How to use Our World in Data

How to use Our World in Data in your presentations, in your writing, and your web articles and blog.

How is our work copyrighted?

Visualizations and text: All our charts, maps, and text is licensed under a very permissive ‘Creative Commons’ (CC) license: The CC-BY license. The BY stands for ‘by attribution’ and this means you are free to take whatever is useful for your work. You just need to provide credit to Our World in Data and our underlying sources (see below).

Note: In early 2019 we changed our Creative Commons license from “By Attribution-Share Alike” (CC-BY-SA) to “By Attribution” (CC-BY). Some of our static charts still have the CC-BY-SA mark in the bottom right corner. You can disregard this, and consider all our work as licensed under CC-BY.

Software: We develop our own data visualization and database tool: The Our World in Data-Grapher. This tool is completely open source – here on GitHub – and is free to use on any other web publication. The code is licensed under the MIT License.

How can you reproduce or cite our work in your publication?

All our work is licensed under a very permissive ‘Creative Commons’ license. This means you are free to take whatever is useful for your work from www.OurWorldInData.org.

This applies to all work done by us, all text and all visualizations with our logo on them.

[At times we reproduce graphics from other sources, it is clearly stated when it is the case, and in those cases the copyright remains with the original authors and we can’t give any permissions for reproduction.]

We do ask however that whenever you use our work for a publication, you stick to the following guidelines:

    1. Cite the corresponding entry from Our World in Data where the original content is located. For example: Max Roser and Esteban Ortiz-Ospina (2019) – “Global Rise of Education”. Published online at OurWorldInData.org. Retrieved from: ‘https://ourworldindata.org/global-rise-of-education’ [Online Resource]
    2. Make sure you add links and cite underlying data sources. For example, if you are redrawing a chart from Our World in Data for which we cite an external data source, then you should cite both Our World in Data and this underlying source.
    3. If you can, send us a quick note telling us where you used our work. It is encouraging to hear our work is helpful and we can learn from seeing how you used it.
    4. In online publications embed interactive charts when possible. We encourage online publications to embed our interactive charts. This is easy to do and you can trust us that the embedded chart won’t break – all our links are stable.

How to make static visualizations for your text or presentation?

The normal case – save as an image: It is straightforward to make static versions of Our World in Data visualizations. Just click the downward arrow below the visualization and then chose ‘PNG’. Try it out on the map below.

In case you need to edit the chart further: Click on SVG and the chart will open as a Scalable Vector Graphic (.svg) file in a new tab in your browser.

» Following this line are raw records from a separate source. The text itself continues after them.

// Reads the index.
ghost use Rattle.std.specs.Prelude.{◌≡◌, ◌+◌, ◌<◌, ◌^◌, length};
ghost use Rattle.std.specs.Option.{option_map};
ghost use Rattle.cy_msg.specs.Answer.{AnswersOr};
ghost use Rattle.cy_wire.specs.Field.{seen};
ghost use Rattle.cy_wire.specs.Message.{seen_span};
ghost use Rattle.cy_section.specs.private.Entries.{TakesPart, KeepsEntry, chunk_caches, entry_of};
ghost use Rattle.cy_section.specs.Reading.{channel_cache_at, chunk_header_cache_at};
ghost use Rattle.cy_section.specs.Reading.{chunk_body_cache_at, if_given, entry_at, index_at};

use crate::read::{channel_of, low_32, numbers_of, owned};
use crate::{
    Channel, ChannelCache, ChunkBodyCache, ChunkHeaderCache, Index, IndexEntry, SectionError,
};
use cy_msg::Items;
use cy_wire::{Field, Reader, Span};
use std::alloc::Global;

// What an entry keeps of a channel.
#[tactic(auto, unfolding(crate::specs::Reading::channel_cache_at))]
fn cached_channel(alloc: Global, span: Span<'_>) -> Result<ChannelCache, SectionError>
    ensures { AnswersOr SectionError.Memory (λ c. c) result
        (channel_cache_at (seen_span span.entry)) }
{
    let channel = channel_of(span, 2)?;
    let numbers = numbers_of(span.bytes, span.start)?;
    let Channel {
        name,
        message_type,
        proto_desc,
    } = owned(alloc, &channel)?;
    Ok(ChannelCache {
        message_number: numbers[1],
        name,
        message_type,
        proto_desc,
    })
}

// The same, if it keeps one.
fn channel_cache(
    alloc: Global,
    cache: Option<Span<'_>>,
) -> Result<Option<ChannelCache>, SectionError>
    ensures { AnswersOr SectionError.Memory (λ c. c) result
        (if_given channel_cache_at (option_map seen_span cache.entry)) }
{
    match cache {
        Some(span) => Ok(Some(cached_channel(alloc, span)?)),
        None => Ok(None),
    }
}

// What an entry keeps of a chunk's header, if it keeps one.
#[tactic(auto, unfolding(crate::specs::Reading::chunk_header_cache_at))]
fn chunk_header_cache(cache: Option<Span<'_>>) -> Result<Option<ChunkHeaderCache>, SectionError>
    ensures { result ≡ if_given chunk_header_cache_at (option_map seen_span cache.entry) }
{
    let Some(span) = cache else {
        return Ok(None);
    };
    let numbers = numbers_of(span.bytes, span.start)?;
    Ok(Some(ChunkHeaderCache {
        message_number: numbers[1],
        begin_time: numbers[2],
        end_time: numbers[3],
        raw_size: numbers[4],
    }))
}

// What an entry keeps of a chunk's body, if it keeps one.
#[tactic(auto, unfolding(crate::specs::Reading::chunk_body_cache_at))]
fn chunk_body_cache(cache: Option<Span<'_>>) -> Result<Option<ChunkBodyCache>, SectionError>
    ensures { result ≡ if_given chunk_body_cache_at (option_map seen_span cache.entry) }
{
    let Some(span) = cache else {
        return Ok(None);
    };
    let numbers = numbers_of(span.bytes, span.start)?;
    Ok(Some(ChunkBodyCache {
        message_number: numbers[1],
    }))
}

// What an entry keeps of a chunk's header and of its body.
fn chunk_caches(
    header: Option<Span<'_>>,
    body: Option<Span<'_>>,
) -> Result<(Option<ChunkHeaderCache>, Option<ChunkBodyCache>), SectionError>
    ensures { result ≡ chunk_caches (option_map seen_span header.entry)
        (option_map seen_span body.entry) }
{
    let header = chunk_header_cache(header)?;
    let body = chunk_body_cache(body)?;
    Ok((header, body))
}

// The fields of an entry, of each the last one that was read so far.
#[derive(Clone, Copy)]
pub(crate) struct Parts<'a> {
    pub kind: u64,
    pub position: u64,
    pub channel: Option<Span<'a>>,
    pub header: Option<Span<'a>>,
    pub body: Option<Span<'a>>,
}

impl<'a> Parts<'a> {
    // Takes a field: it is one part at most.
    #[tactic(auto, using(crate::proofs::Bodies::spans))]
    fn take(&mut self, field: &Field<'a>)
        ensures { TakesPart (seen field.now) self.old self.new }
    {
        self.kind = field.varint(1).unwrap_or(self.kind);
        self.position = field.varint(2).unwrap_or(self.position);
        self.channel = field.span(101).or(self.channel);
        self.header = field.span(102).or(self.header);
        self.body = field.span(103).or(self.body);
    }

    // The entry of these parts.
    fn entry(self, alloc: Global) -> Result<IndexEntry, SectionError>
        ensures { AnswersOr SectionError.Memory (λ e. e) result (entry_of self.entry) }
    {
        let channel_cache = channel_cache(alloc, self.channel)?;
        match chunk_caches(self.header, self.body) {
            Ok((chunk_header_cache, chunk_body_cache)) => Ok(IndexEntry {
                kind: low_32(self.kind),
                position: self.position,
                channel_cache,
                chunk_header_cache,
                chunk_body_cache,
            }),
            Err(fault) => {
                drop(channel_cache);
                Err(fault)
            }
        }
    }
}

// An entry: which cache of a kind counts is known once all its fields were read.
#[tactic(auto, unfolding(crate::specs::Reading::entry_at, crate::specs::Reading::entry_in))]
fn entry_of(alloc: Global, entry: Span<'_>) -> Result<IndexEntry, SectionError>
    ensures { AnswersOr SectionError.Memory (λ e. e) result (entry_at (seen_span entry.entry)) }
{
    let mut fields = Reader::new(entry.bytes, entry.start);
    let mut parts = Parts {
        kind: 0,
        position: 0,
        channel: None,
        header: None,
        body: None,
    };
    while let Some(field) = fields.next_field()? {
        parts.take(&field);
    }
    parts.entry(alloc)
}

// Reads an entry, and keeps it behind others.
fn keep_entry(
    alloc: Global,
    entries: &mut Vec<IndexEntry>,
    entry: Span<'_>,
) -> Result<(), SectionError>
    ensures { KeepsEntry (seen_span entry.entry) entries.old.items entries.new.items result }
{
    entries.push(entry_of(alloc, entry)?)?;
    Ok(())
}

// The entries of an index.
fn entries_of(alloc: Global, body: &[u8], at: u64) -> Result<Vec<IndexEntry>, SectionError>
    requires { at + length body.now < 2 ^ 64 }
    ensures { AnswersOr SectionError.Memory (λ v. v.items) result (index_at at body.now) }
{
    let mut reader = Reader::new(body, at);
    let mut entries = Vec::new(alloc);
    while let Some(field) = reader.next_field()? {
        if let Some(span) = field.span(1) {
            keep_entry(alloc, &mut entries, span)?;
        }
    }
    Ok(entries)
}

/// The index whose body stands at a place of the file, in memory of its own.
pub fn read_index(alloc: Global, body: &[u8], at: u64) -> Result<Index, SectionError>
    requires { at + length body.now < 2 ^ 64 }
    ensures { AnswersOr SectionError.Memory (λ i. i.entries) result (index_at at body.now) }
{
    let entries = Items::new(entries_of(alloc, body, at)?);
    Ok(Index { entries })
}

You can then save it in your browser – through “save page as” – and you will have a vector graphic of the chart that you can then edit in Inkscape (free), Adobe Illustrator or similar software.

For a step-by-step explanation with examples, see here.

How to embed interactive charts in your article?

You can use any of the interactive visualizations from Our World In Data in your articles.

Here are three recent examples of articles that embed OWID visualizations:

Politifact using OurWorldInData in fact checking claims about global poverty.

The Brazilian website o futuro das coisas in an article about the future of global education.

Vox.com in an article on the decline of global malaria deaths on World Malaria Day.

An example:

For example let’s assume you want to write about fertility and on the fertility page you find this map that you want to embed in your own article:

All you have to do to embed it in your article:

At the bottom of the chart you click on the little share symbol (one dot that connects to two dots) and then you can chose the  </>Embed option and you will see a box popping up (try it!) with the following bit of text:

<iframe src=”https://ourworldindata.org/grapher/children-per-woman-UN” width=”100%” height=”600px”></iframe>

Now you just take this bit of html code and place it in the text of your own article.

An iframe is used to display a website within another website (w3schools has more info on iframes.) Similar to when you embed a YouTube video in your article, your article now embeds an Our World In Data visualization.

Change the map focus or change the year:

We try to make the embed tool as useful as possible: For example, you can focus on Africa instead of World in the map above; and you can move the time slider to 2015 (you will get this). Now when you click on </> Embed you get the following bit of code:

<iframe src=”https://ourworldindata.org/grapher/children-per-woman-UN?region=Africa&year=2015″ width=”100%” height=”600px”></iframe>

If you copy-paste this code your article will embed the map with a focus on Africa and the fertility rate for 2015.

And the same works for the chart view. Just switch to Chart in the visualization above and add the countries that you are interested in – like this. When you click on </> Embed you can now get the code to embed this line chart. And if you want to select different countries that are shown in your embedded chart then just chose the option ‘+ Add Country’ at the bottom of the chart and will have these countries shown in your chart.